■ What to do: Search the entries for the word "wanted" and report each line that has it.

───── Records provided ─────

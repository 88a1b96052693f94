//! The cases that nodes stand in, and whether they hold (RFC 7950 section 7.9.2).

ghost use Rattle.std.specs.Prelude.{◌≡◌, ◌&&◌, ◌==◌, IfOk, filter, not};
ghost use Rattle.std.specs.List.{list_any};
ghost use Rattle.nm_base.specs.Numbers.{is_among};
ghost use Rattle.nm_schema_tree.specs.Nodes.{case_at};
ghost use Rattle.nm_validate_rules.specs.Cases as spec;
ghost use Rattle.nm_validate_places.specs.Groups.{IsGrouped};
ghost use Rattle.nm_validate_places.specs.Members.{AreOthers};
ghost use Rattle.nm_validate_places.specs.Tables.{AreOfCases};

use crate::areas::Grouped;
use crate::tables::nodes_in;
use nm_base::{Label, NoMemory};
use nm_config::RowMap;
use nm_schema_tree::Schema;
use nm_types::{Chosen, Path, Step};
use std::alloc::Global;

// Whether a case is among this one and those outwards of it, of which at most so many are looked at.
fn is_outwards(schema: &Schema, case: usize, most: usize, from: Option<usize>) -> bool
    ensures { result ≡ is_among case (spec.outwards schema.now most from) }
{
    let mut over = from;
    let mut left = most;
    'outwards: while left > 0 {
        let Some(own) = over else {
            return false;
        };
        if own == case {
            return true;
        }
        over = schema.outer_case(own);
        left -= 1;
    }
    false
}

// Whether a node stands in a case, in it directly or in a case of a choice that is nested in it.
#[tactic(auto, unfolding(nm_validate_rules::specs::Cases::cases_over))]
fn is_in_case(schema: &Schema, case: usize, at: usize) -> bool
    ensures { result ≡ spec.is_in_case schema.now case at }
{
    is_outwards(schema, case, schema.cases().len(), schema.case_in(at))
}

// The nodes that stand in a case.
fn nodes_of(alloc: Global, schema: &Schema, case: usize) -> Result<Vec<usize>, NoMemory>
    ensures { IfOk result (λ all. all.items ≡ filter (spec.is_in_case schema.now case) (spec.numbers schema.now.nodes)) }
{
    let mut all = Vec::new(alloc);
    for at in 0..schema.len() {
        if is_in_case(schema, case, at) {
            all.push(at)?;
        }
    }
    Ok(all)
}

// The nodes of some that are other than one of them.
fn others_in(alloc: Global, nodes: &[usize], at: usize) -> Result<Vec<usize>, NoMemory>
    ensures { IfOk result (λ all. all.items ≡ filter (λ other. not (other == at)) nodes.now) }
{
    let mut all = Vec::new(alloc);
    for other in nodes {
        if *other != at {
            all.push(*other)?;
        }
    }
    Ok(all)
}

// The nodes of a case other than one of them.
fn others_in_case(
    alloc: Global,
    schema: &Schema,
    cases: &[Vec<usize>],
    case: usize,
    at: usize,
) -> Result<Vec<usize>, NoMemory>
    requires { AreOfCases schema.now cases.now }
    ensures { IfOk result (λ all. all.items ≡ filter (λ other. not (other == at) && spec.is_in_case schema.now case other) (spec.numbers schema.now.nodes)) }
{
    if case < cases.len() {
        let all = others_in(alloc, nodes_in(cases, case), at)?;
        return Ok(all);
    }
    let nodes = nodes_of(alloc, schema, case)?;
    let all = others_in(alloc, &nodes, at)?;
    Ok(all)
}

/// The other nodes of the case that a node stands in, and None where it stands in none.
pub fn others_of(
    alloc: Global,
    schema: &Schema,
    cases: &[Vec<usize>],
    at: usize,
) -> Result<Option<Vec<usize>>, NoMemory>
    requires { AreOfCases schema.now cases.now }
    ensures { IfOk result (AreOthers schema.now at (case_at schema.now.nodes at)) }
{
    match schema.case_in(at) {
        None => Ok(None),
        Some(case) => Ok(Some(others_in_case(alloc, schema, cases, case, at)?)),
    }
}

/// The step to a node that chooses no entry.
pub fn bare(alloc: Global, schema: &Schema, at: usize) -> Result<Step, NoMemory>
    ensures { IfOk result (λ step. step ≡ spec.bare schema.now.nodes at) }
{
    let Some(node) = schema.node(at) else {
        return Ok(Step {
            module: Label::new(alloc, "")?,
            name: Label::new(alloc, "")?,
            chosen: Chosen::Whole,
        });
    };
    Ok(Step {
        module: node.module.copy()?,
        name: node.name.copy()?,
        chosen: Chosen::Whole,
    })
}

// Whether a node exists at a place.
fn exists_at<M: RowMap>(
    alloc: Global,
    schema: &Schema,
    config: &M,
    above: &Path,
    at: usize,
) -> Result<bool, NoMemory>
    ensures { IfOk result (λ there. there ≡ spec.exists_at schema.now (M.rows config.now) above.now at) }
{
    let step = bare(alloc, schema, at)?;
    let path = above.with_step(alloc, step)?;
    Ok(config.any_under(&path))
}

/// Whether one of some nodes exists at a place.
pub fn any_at<M: RowMap>(
    alloc: Global,
    schema: &Schema,
    config: &M,
    above: &Path,
    nodes: &[usize],
) -> Result<bool, NoMemory>
    ensures { IfOk result (λ there. there ≡ list_any (spec.exists_at schema.now (M.rows config.now) above.now) nodes.now) }
{
    for at in nodes {
        if exists_at(alloc, schema, config, above, *at)? {
            return Ok(true);
        }
    }
    Ok(false)
}

// Whether a case holds at a place: one of its nodes exists there. Of a case that isn't there, the nodes are found among all.
fn case_holds<M: RowMap>(
    alloc: Global,
    schema: &Schema,
    config: &M,
    cases: &[Vec<usize>],
    above: &Path,
    case: usize,
) -> Result<bool, NoMemory>
    requires { AreOfCases schema.now cases.now }
    ensures { IfOk result (λ holds. holds ≡ spec.case_holds schema.now (M.rows config.now) above.now case) }
{
    if case < cases.len() {
        let there = any_at(alloc, schema, config, above, nodes_in(cases, case))?;
        return Ok(there);
    }
    let nodes = nodes_of(alloc, schema, case)?;
    let there = any_at(alloc, schema, config, above, &nodes)?;
    Ok(there)
}

/// Whether what stands in a case, or in none, may be wanted at a place, by the nodes of each case.
pub fn is_allowed_in<M: RowMap>(
    alloc: Global,
    schema: &Schema,
    config: &M,
    cases: &[Vec<usize>],
    above: &Path,
    case: Option<usize>,
) -> Result<bool, NoMemory>
    requires { AreOfCases schema.now cases.now }
    ensures { IfOk result (λ allowed. allowed ≡ spec.is_allowed schema.now (M.rows config.now) above.now case) }
{
    match case {
        None => Ok(true),
        Some(case) => case_holds(alloc, schema, config, cases, above, case),
    }
}

/// Whether what stands in a case, or in none, may be wanted at a place.
pub fn is_allowed<M: RowMap>(
    alloc: Global,
    schema: &Schema,
    config: &M,
    grouped: &Grouped<'_>,
    above: &Path,
    case: Option<usize>,
) -> Result<bool, NoMemory>
    requires { IsGrouped schema.now (M.rows config.now) grouped.now }
    ensures { IfOk result (λ allowed. allowed ≡ spec.is_allowed schema.now (M.rows config.now) above.now case) }
{
    is_allowed_in(alloc, schema, config, &grouped.cases, above, case)
}
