//! The values of leafs: those of rows, those of keys, and defaults in use.

ghost use Rattle.std.specs.Prelude.{◌≡◌, ◌++◌, true, false, IfOk, drop, length, map as each, option_copied};
ghost use Rattle.nm_types.specs.Chosen.{choice_of};
ghost use Rattle.std.specs.FinMap.{contains_key};
ghost use Rattle.nm_path.specs.Spelling as path_spec;
ghost use Rattle.nm_config.specs.Rows.{Rows};
ghost use Rattle.nm_config.specs.Under as under_spec;
ghost use Rattle.nm_validate_rules.specs.Cases as case_spec;
ghost use Rattle.nm_validate_rules.specs.Standing as standing;
ghost use Rattle.nm_validate_rules.specs.Guards as guard;
ghost use Rattle.nm_validate_rules.specs.Places as place_spec;
ghost use Rattle.nm_validate_rules.specs.Values as spec;
ghost use Rattle.nm_validate_rules.specs.Violated.{last_chosen};
ghost use Rattle.nm_validate_places.specs.Groups.{IsGrouped};
ghost use Rattle.nm_validate_places.specs.Listed.{AreRows};
ghost use Rattle.nm_validate_places.specs.Leafs.{is_open, row_or_default};
ghost use Rattle.nm_validate_places.specs.Tables.{AreOfCases};

use crate::areas::{Grouped, NodeRow};
use crate::cases::{bare, is_allowed_in};
use crate::keys::values_in;
use crate::too_few::front;
use nm_base::NoMemory;
use nm_config::RowMap;
use nm_path::node_of;
use nm_schema_tree::Schema;
use nm_types::{Chosen, Path, Value};
use std::alloc::Global;

// ---- keys

// The value that goes with a key among those that an entry is chosen by, in the order of the keys.
fn key_value<'v>(keys: &[usize], at: usize, values: &'v [Value]) -> Option<&'v Value>
    ensures { option_copied result ≡ spec.key_value keys.now at values.now }
{
    let mut keys_left = keys;
    let mut values_left = values;
    'keys: while let [key, more_keys @ ..] = keys_left {
        let [value, more_values @ ..] = values_left else {
            return None;
        };
        if *key == at {
            return Some(value);
        }
        keys_left = more_keys;
        values_left = more_values;
    }
    None
}

/// The value of a key leaf in an entry, which its path has.
pub fn key_in_entry(schema: &Schema, at: usize, entry: &Path) -> Result<Option<Value>, NoMemory>
    ensures { IfOk result (λ value. value ≡ spec.key_in_entry schema.now at entry.now) }
{
    let Some(list) = schema.parent(at) else {
        return Ok(None);
    };
    match key_value(schema.keys(list), at, values_in(entry)) {
        None => Ok(None),
        Some(value) => Ok(Some(value.copy()?)),
    }
}

// ---- guards

/// Whether the last step of a path chooses no entry.
pub fn is_whole(path: &Path) -> bool
    ensures { result ≡ under_spec.is_whole (last_chosen path.now) }
{
    match path.steps.last() {
        None => true,
        Some(step) => is_none_chosen(&step.chosen),
    }
}

// Whether no entry is chosen.
fn is_none_chosen(chosen: &Chosen) -> bool
    ensures { result ≡ under_spec.is_whole (choice_of chosen.now) }
{
    match chosen {
        Chosen::Whole => true,
        Chosen::Keys(_) => false,
        Chosen::Entry(_) => false,
    }
}

// Whether the case that a node stands in, if there is one, holds at a place.
fn is_allowed_at<M: RowMap>(
    alloc: Global,
    schema: &Schema,
    config: &M,
    cases: &[Vec<usize>],
    above: &Path,
    node: Option<usize>,
) -> Result<bool, NoMemory>
    requires { AreOfCases schema.now cases.now }
    ensures { IfOk result (λ allowed. allowed ≡ guard.is_allowed_at schema.now (M.rows config.now) above.now node) }
{
    let Some(at) = node else {
        return Ok(false);
    };
    is_allowed_in(alloc, schema, config, cases, above, schema.case_in(at))
}

// Whether the last step of a path has no predicates, and leads to a node whose case holds.
fn is_open<M: RowMap>(
    alloc: Global,
    schema: &Schema,
    config: &M,
    cases: &[Vec<usize>],
    above: &Path,
    path: &Path,
) -> Result<bool, NoMemory>
    requires { AreOfCases schema.now cases.now }
    ensures { IfOk result (λ opens. opens ≡ is_open schema.now (M.rows config.now) above.now path.now) }
{
    if !is_whole(path) {
        return Ok(false);
    }
    is_allowed_at(alloc, schema, config, cases, above, node_of(schema, path))
}

// Whether a path leads to a list or a container with presence.
fn is_own(schema: &Schema, path: &Path) -> bool
    ensures { result ≡ standing.is_own_at schema.now.nodes (path_spec.node_of schema.now path.now) }
{
    match node_of(schema, path) {
        None => false,
        Some(at) => schema.is_guard(at),
    }
}

// Whether the first of some rows is at a path.
fn is_first(near: &[NodeRow<'_>], path: &Path) -> bool
    ensures { (m : Rows) → AreRows m near.now → result ≡ true → contains_key m path.now ≡ true }
{
    let [row, ..] = near else {
        return false;
    };
    let own = row.path;
    *own == *path
}

// Whether there is a row at a path, which may be the first of these.
fn has_row<M: RowMap>(config: &M, near: &[NodeRow<'_>], path: &Path) -> bool
    requires { AreRows (M.rows config.now) near.now }
    ensures { result ≡ contains_key (M.rows config.now) path.now }
{
    if is_first(near, path) {
        return true;
    }
    config.value(path).is_some()
}

// Whether a path is the top.
fn is_top(path: &Path) -> bool
    ensures { result ≡ under_spec.is_end path.now }
{
    path.steps.is_empty()
}

/// How many steps a path has.
pub fn step_count(path: &Path) -> usize
    ensures { result ≡ length path.now }
{
    path.steps.len()
}

/// Whether what guards the nodes at a place of so many steps that stand in no case holds.
pub fn holds_at<M: RowMap>(
    alloc: Global,
    schema: &Schema,
    config: &M,
    cases: &[Vec<usize>],
    near: &[NodeRow<'_>],
    path: &Path,
    count: usize,
) -> Result<bool, NoMemory>
    requires cases { AreOfCases schema.now cases.now }
    requires rows { AreRows (M.rows config.now) near.now }
    requires counted { count ≡ length path.now }
    ensures { IfOk result (λ holds. holds ≡ guard.holds_at schema.now (M.rows config.now) path.now) }
{
    if is_top(path) {
        return Ok(true);
    }
    if is_own(schema, path) {
        return Ok(has_row(config, near, path));
    }
    let above = front(alloc, path)?;
    let opens = is_open(alloc, schema, config, cases, &above, path)?;
    if !opens {
        return Ok(false);
    }
    let holds = holds_at(alloc, schema, config, cases, near, &above, count - 1)?;
    Ok(holds)
}

/// Whether a leaf, or a list or leaf-list as a whole, may stand at a path: its guard holds.
pub fn stands<M: RowMap>(
    alloc: Global,
    schema: &Schema,
    config: &M,
    cases: &[Vec<usize>],
    near: &[NodeRow<'_>],
    path: &Path,
) -> Result<bool, NoMemory>
    requires cases { AreOfCases schema.now cases.now }
    requires rows { AreRows (M.rows config.now) near.now }
    ensures { IfOk result (λ there. there ≡ guard.stands schema.now (M.rows config.now) path.now) }
{
    if is_top(path) {
        return Ok(false);
    }
    let above = front(alloc, path)?;
    let opens = is_open(alloc, schema, config, cases, &above, path)?;
    if !opens {
        return Ok(false);
    }
    let holds = holds_at(
        alloc,
        schema,
        config,
        cases,
        near,
        &above,
        step_count(&above),
    )?;
    Ok(holds)
}

// ---- leafs

// The default of a leaf at a path without a row, where its guard holds. The row of that may be the first of these.
fn default_at<M: RowMap>(
    alloc: Global,
    schema: &Schema,
    config: &M,
    grouped: &Grouped<'_>,
    near: &[NodeRow<'_>],
    path: &Path,
    at: usize,
) -> Result<Option<Value>, NoMemory>
    requires grouped { IsGrouped schema.now (M.rows config.now) grouped.now }
    requires rows { AreRows (M.rows config.now) near.now }
    requires bare { contains_key (M.rows config.now) path.now ≡ false }
    ensures { IfOk result (λ value. value ≡ spec.default_in_use schema.now (M.rows config.now) path.now at) }
{
    let Some(value) = schema.default(at) else {
        return Ok(None);
    };
    if !stands(alloc, schema, config, &grouped.cases, near, path)? {
        return Ok(None);
    }
    Ok(Some(value.copy()?))
}

/// The default of a leaf where no row of it is and its guard holds (RFC 7950 section 7.6.1).
pub fn default_in_use<M: RowMap>(
    alloc: Global,
    schema: &Schema,
    config: &M,
    grouped: &Grouped<'_>,
    path: &Path,
    at: usize,
) -> Result<Option<Value>, NoMemory>
    requires { IsGrouped schema.now (M.rows config.now) grouped.now }
    ensures { IfOk result (λ value. value ≡ spec.default_in_use schema.now (M.rows config.now) path.now at) }
{
    let Some(_default) = schema.default(at) else {
        return Ok(None);
    };
    if config.value(path).is_some() {
        return Ok(None);
    }
    default_at(alloc, schema, config, grouped, &[], path, at)
}

/// The value of a leaf that is no key at a path: that of its row, or its default in use, whose guard's row may be the first of these.
pub fn row_or_default<M: RowMap>(
    alloc: Global,
    schema: &Schema,
    config: &M,
    grouped: &Grouped<'_>,
    near: &[NodeRow<'_>],
    path: &Path,
    at: usize,
) -> Result<Option<Value>, NoMemory>
    requires grouped { IsGrouped schema.now (M.rows config.now) grouped.now }
    requires rows { AreRows (M.rows config.now) near.now }
    ensures { IfOk result (λ value. value ≡ row_or_default schema.now (M.rows config.now) path.now at) }
{
    match config.value(path) {
        Some(value) => Ok(Some(value.copy()?)),
        None => default_at(alloc, schema, config, grouped, near, path, at),
    }
}

// ---- the way down to a leaf

/// The nodes from the top down to a node.
pub fn chain(alloc: Global, schema: &Schema, at: Option<usize>) -> Result<Vec<usize>, NoMemory>
    ensures { IfOk result (λ nodes. nodes.items ≡ place_spec.chain schema.now.nodes at) }
{
    let Some(node) = at else {
        return Ok(Vec::new(alloc));
    };
    schema.laws();
    let mut nodes = chain(alloc, schema, schema.parent(node))?;
    nodes.push(node)?;
    Ok(nodes)
}

/// The numbers behind so many.
pub fn behind(numbers: &[usize], count: usize) -> &[usize]
    ensures { result.now ≡ drop count numbers.now }
{
    if numbers.len() <= count {
        return &[];
    }
    &numbers[count..]
}

// The path that goes on from another by steps to these nodes without predicates.
fn with_bare(alloc: Global, schema: &Schema, path: Path, nodes: &[usize]) -> Result<Path, NoMemory>
    ensures { IfOk result (λ longer. longer ≡ path ++ each (case_spec.bare schema.now.nodes) nodes.now) }
{
    let mut steps = path.steps;
    for at in nodes {
        steps.push(bare(alloc, schema, *at)?)?;
    }
    Ok(Path { steps })
}

/// The path of a leaf in an entry above it.
pub fn path_in(alloc: Global, schema: &Schema, entry: &Path, at: usize) -> Result<Path, NoMemory>
    ensures { IfOk result (λ path. path ≡ spec.path_in schema.now entry.now at) }
{
    let nodes = chain(alloc, schema, Some(at))?;
    with_bare(
        alloc,
        schema,
        entry.copy(alloc)?,
        behind(&nodes, entry.steps.len()),
    )
}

─────

■ Exercise answer:
/// Whether what stands in a case, or in none, may be wanted at a place, by the nodes of each case.
/// Whether what stands in a case, or in none, may be wanted at a place.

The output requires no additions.